S.B. Sen, J.
1. For disposing of this reference it is necessary to give out the facts which are not disputed.
2. An application was made by Nankibai w/o. Devidelen under Section 488, Criminal P.C. An order for maintenance was passed some time in 1953 (31.7.53) for payment of Rs. 14 per month to her. On the basis of this order payments were made by the husband for some months but he soon made some defaults. So an application was made by Nankibai on 26.7.59 for recovery of arrears due then. This application was resisted by the husband on various grounds including his offer to maintain his wife on condition of her living with him and also his inability to pay the maintenance amount. The matter dragged on for a long time and ultimately this application was decided against the husband on 25.2.59. In the said order recovery for the seven months which was due on the date of the application was passed. A fresh application was moved on 11.6.59 but the same was dismissed for default on 21.7.59. Nankibai however made further application on 22.8.59 for recovery of the arrears of maintenance till then and also granting maintenance allowance pendent lite. This application was granted by the Magistrate who ordered Devideen to pay sums of Rs. 490 and Rs. 364 for the period covering up to 27.7.61. The Magistrate also ordered in case default is made by the husband Nankibai should move the Court to take proper steps.
3. The husband Devideen filed an application before the Sessions Court against this order. The Sessions Judge is of the view that Nankibai is not entitle to arrears for the period in excess of one year preceding the date of the application viz. 22.8.59. He therefore recommended for revising the order of the Magistrate accordingly.

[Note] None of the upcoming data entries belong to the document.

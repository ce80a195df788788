//! Shows what the calls answer that read and write bytes, a line for each case of stdin: packets and logins; configurations, tables of
//! servers and recordings.
#![tactic(auto)]

mod files;
mod packets;

use check_lines::{Case, CaseFault, Fields};
use std::alloc::Global;
use std::io;

fn answer(alloc: Global, case: &mut Case<'_>) -> Result<String, CaseFault> {
    let mut fields = Fields::of(alloc, *case);
    files::read(&mut fields);
    *case = fields.case;
    fields.answer.finished()
}

fn main(rt: HostRuntime) -> io::Result<()> {
    check_lines::run(&rt, answer)
}
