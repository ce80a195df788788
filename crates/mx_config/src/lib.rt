//! The configuration file: a TOML document of the tables `proxy`, `users`, `servers`, `rules` and `whitelist`.
#![tactic(auto)]

mod address;
mod config;
mod fault;
mod lists;
mod proxy;
mod read;
mod row;
mod rules;
mod servers;
mod table;
mod users;
mod value;

pub use config::{Config, ProxyRow, UserRow};
pub use fault::{ConfigFault, ConfigRefusal};
pub use read::read_config;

4. I am afraid I cannot accept the reference. Nankifyai filed an application on 26.7.56. This application dragged for no fault of Nankibai. Various questions were raised by the husband Devideen including his offer to maintain her This matter was decided on 25.2.59. Unless therefore this matter is decided the wife is not entitled to her maintenance. It she had made an application for recovery of the arrears during the pendency of these proceedings it would have been thrown away on the ground that similar application was pending and her right to, recover the amount was in jeopardy. As soon as that matter was decided she made an application on 11.8.59 which was unfortunately dismissed for default. We may however ignore this application. The next application was made on 22.8.59. Question therefore is whether this application dated 22.8.59 can be said to be an application made within one year.

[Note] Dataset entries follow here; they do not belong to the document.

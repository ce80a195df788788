// Reading a configuration.
ghost use Rattle.std.specs.Prelude.{◌≡◌, ◌≤◌, ◌&&◌, ℕ, Bool, List, nat_le, IfOk, length, codes};
ghost use Rattle.std.specs.Bool.{OnTrue};
ghost use Rattle.toml.specs.Data.{get_member};
ghost use Rattle.toml.specs.View.{view, table_view, items_view};
ghost use Rattle.mx_config.specs.Faults.{Gives, at_row};
ghost use Rattle.mx_config.specs.Lawful.{IsLawfulProxy, AreLawfulUsers, AreLawfulServers, AreLawfulRules, IsLawful, IsBetween};
ghost use Rattle.mx_config.specs.Values.{Agrees};
ghost use Rattle.mx_config.specs.Lent.{GivesRows};
ghost use Rattle.mx_config.specs.Reading.{config_of, proxy_of, users_of, servers_of, rules_of, lists_of, rows_at, reading_of};

use crate::fault::{Kind, Place, TableName, refusal};
use crate::lists::read_list_rows;
use crate::proxy::read_proxy_row;
use crate::row::{Row, row_table};
use crate::rules::read_rule_rows;
use crate::servers::read_server_rows;
use crate::users::read_user_rows;
use crate::value::member;
use crate::{Config, ConfigRefusal, ProxyRow, UserRow};
use hostgroups::ServerRow;
use mx_base::Items;
use query_rules::RuleRow;
use sql_whitelist::ListRow;
use std::alloc::Global;
use toml::{Table, Value};

/// The rows that the table `users`, `servers` or `whitelist` may have.
const MAX_ROWS: usize = 1024;

/// The rows that the table `rules` may have.
const MAX_RULES: usize = 10_000;

/// The configuration that a file says, or its first fault (after ProxySQL, "Configuration file"; the tables and keys are
/// those of `mysql_variables`, `mysql_users`, `mysql_servers` and `mysql_query_rules`, in TOML).
///
/// Bytes that are no TOML document come first, then unknown tables, the least name first, then the tables `proxy`, `users`,
/// `servers`, `rules` and `whitelist` in this order, each with its rows in order. In a row the least unknown key comes first, and then its keys
/// in the order of their fields in `ProxyRow`, `UserRow` and `ServerRow`, of a rule in that of the README's table, each tried for
/// being missing, for its type, for an address, for its range and for a pattern; then comes a template without a match, and last
/// a row that is a duplicate of an earlier one. A table that is none, or has too
/// many or too few rows, is refused before its rows. Takes time and memory in proportion to the file.
pub fn read_config(alloc: Global, bytes: &[u8]) -> Result<Config, ConfigRefusal>
    ensures said { (is_pattern : List ℕ → Bool) → Agrees is_pattern → Gives result (reading_of is_pattern bytes.now) }
    ensures lawful { IfOk result IsLawful }
{
    match toml::table_from_slice(alloc, bytes) {
        Ok(file) => read_file(alloc, &file),
        Err(fault) => {
            if fault.is_memory() {
                return Err(ConfigRefusal::OutOfMemory);
            }
            Err(refusal(alloc, whole(TableName::File), Kind::NotToml, ""))
        }
    }
}

// A table as a whole.
fn whole(table: TableName) -> Place
    ensures { result ≡ at_row table 0 }
{
    Place { table, row: 0 }
}

#[tactic(auto, unfolding(crate::specs::Reading::config_of))]
fn read_file(alloc: Global, file: &Table) -> Result<Config, ConfigRefusal>
    ensures said { (is_pattern : List ℕ → Bool) → Agrees is_pattern → Gives result (config_of is_pattern (table_view file.now)) }
    ensures lawful { IfOk result IsLawful }
{
    let row = Row {
        alloc,
        place: whole(TableName::File),
        members: file,
    };
    row.only(&["proxy", "users", "servers", "rules", "whitelist"])?;
    let proxy = read_proxy(alloc, file)?;
    let users = read_users(alloc, file)?;
    let servers = read_servers(alloc, file)?;
    let rules = read_rules(alloc, file)?;
    let whitelist = read_whitelist(alloc, file)?;
    Ok(Config {
        proxy,
        users,
        servers,
        rules,
        whitelist,
    })
}

fn read_proxy(alloc: Global, file: &Table) -> Result<ProxyRow, ConfigRefusal>
    ensures said { Gives result (proxy_of (get_member (codes "proxy") (table_view file.now))) }
    ensures lawful { IfOk result IsLawfulProxy }
{
    match member(file, "proxy") {
        Some(value) => {
            let members = row_table(alloc, whole(TableName::Proxy), value)?;
            read_proxy_row(alloc, members)
        }
        None => {
            let empty = Table::new(alloc);
            read_proxy_row(alloc, &empty)
        }
    }
}

fn read_users(alloc: Global, file: &Table) -> Result<Items<UserRow>, ConfigRefusal>
    ensures said { Gives result (users_of (get_member (codes "users") (table_view file.now))) }
    ensures lawful { IfOk result AreLawfulUsers }
{
    let place = whole(TableName::Users);
    let Some(value) = member(file, "users") else {
        return Err(refusal(alloc, place, Kind::MissingKey, "users"));
    };
    let items = table_rows(alloc, place, 1, MAX_ROWS, value)?;
    read_user_rows(alloc, items)
}

fn read_servers(alloc: Global, file: &Table) -> Result<Items<ServerRow>, ConfigRefusal>
    ensures said { Gives result (servers_of (get_member (codes "servers") (table_view file.now))) }
    ensures lawful { IfOk result AreLawfulServers }
{
    match member(file, "servers") {
        Some(value) => {
            let items = table_rows(alloc, whole(TableName::Servers), 0, MAX_ROWS, value)?;
            read_server_rows(alloc, items)
        }
        None => Ok(Items::new(alloc)),
    }
}

fn read_rules(alloc: Global, file: &Table) -> Result<Items<RuleRow>, ConfigRefusal>
    ensures said { (is_pattern : List ℕ → Bool) → Agrees is_pattern
        → Gives result (rules_of is_pattern (get_member (codes "rules") (table_view file.now))) }
    ensures lawful { IfOk result AreLawfulRules }
{
    match member(file, "rules") {
        Some(value) => {
            let items = table_rows(alloc, whole(TableName::Rules), 0, MAX_RULES, value)?;
            read_rule_rows(alloc, items)
        }
        None => Ok(Items::new(alloc)),
    }
}

fn read_whitelist(alloc: Global, file: &Table) -> Result<Items<ListRow>, ConfigRefusal>
    ensures { Gives result (lists_of (get_member (codes "whitelist") (table_view file.now))) }
{
    match member(file, "whitelist") {
        Some(value) => {
            let items = table_rows(alloc, whole(TableName::Whitelist), 0, MAX_ROWS, value)?;
            read_list_rows(alloc, items)
        }
        None => Ok(Items::new(alloc)),
    }
}

// The rows of a table that has at least and at most so many.
#[tactic(auto, unfolding(crate::specs::Reading::rows_at))]
fn table_rows(
    alloc: Global,
    place: Place,
    least: usize,
    most: usize,
    value: &Value,
) -> Result<&[Value], ConfigRefusal>
    ensures rows { GivesRows result (rows_at place least most (view value.now)) }
    ensures few { IfOk result (λ rows. IsBetween least most (length rows.now)) }
{
    match value.as_array() {
        Some(rows) => {
            let rows = rows.as_slice();
            if is_few(least, most, rows) {
                Ok(rows)
            } else {
                Err(refusal(alloc, place, Kind::OutOfRange, ""))
            }
        }
        None => Err(refusal(alloc, place, Kind::WrongType, "")),
    }
}

fn is_few(least: usize, most: usize, rows: &[Value]) -> bool
    ensures test { result ≡ (nat_le least (length rows.now) && nat_le (length rows.now) most) }
    ensures few { OnTrue result (IsBetween least most (length rows.now)) }
{
    least <= rows.len() && rows.len() <= most
}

5. The proviso on which reliance has been placed by the learned Counsel for the husband reads as follows:
Provided further that no warrant shall be issued for the recovery of any amount due under this Section unless application be made to the Court to levy such amount within a period of one year from the date on which it became due.
6. The moot question therefore is whether the application was made within a period of one year after it become due. Apparently arrears for more than three years cannot be said to be an amount due within one year. But law has always taken into consideration the delays on account of Court proceedings.
7. I had an occasion to deal with a similar matter in Kanchanbai v. Nanuram Cri. Revn. No 218 of 1962, D/- 16.11.1962 (Madh Pra). Though the facts were slightly different but I have held therein that though Section 15(1) of the Limitation Act does not apply but its anology should be made applicable, as proceedings under Section 488, Criminal P.C., are quasi judicial proceedings. Similarly in my view when it is apparent that an application for recovery cannot be cranted forthwith and another application between the same parties is pending, on the decision of which depends the success or failure of the latter application, the period required for decision of that application should be excluded for computing the period of one year mentioned in the proviso, Section 488 has been enacted for the maintenance of wives and children. The wife cannot be expected to carry on the litigation without any money which she legitimately claims from the husband. It was no fault of the wife that she was not getting any money from the husband. She had made an application and had that application decided earlier she could have got a regular maintenance It is therefore not proper to punish her for the delay. It is ludicrus to think that she could make continuous applications for keeping them pending till the decision of another case.
8. The words 'from the date on which it became due' should be interpreted to mean from the date on which she could successfully make an application i.e., from the date when the Court holds she his entitled to recover. If the Court had not passed an order that she was entitled to get the amount, the application would be in fructuous. On 25.2.59 the Court finally decided that she was entitled to recover rejecting all the pleas raised by the husband. When the husband raises a plea to maintain his wife on condition of her living with him, the previous order passed under Section 488 is substituted by the subsequent order. The period of one year is therefore to be calculated from the date when the subsequent order is passed under the proviso.
9. For the reasons stated above the order of the trial Court for granting the arrears of maintenance as well as maintenance pendente lite are justified. The reference is therefore rejected.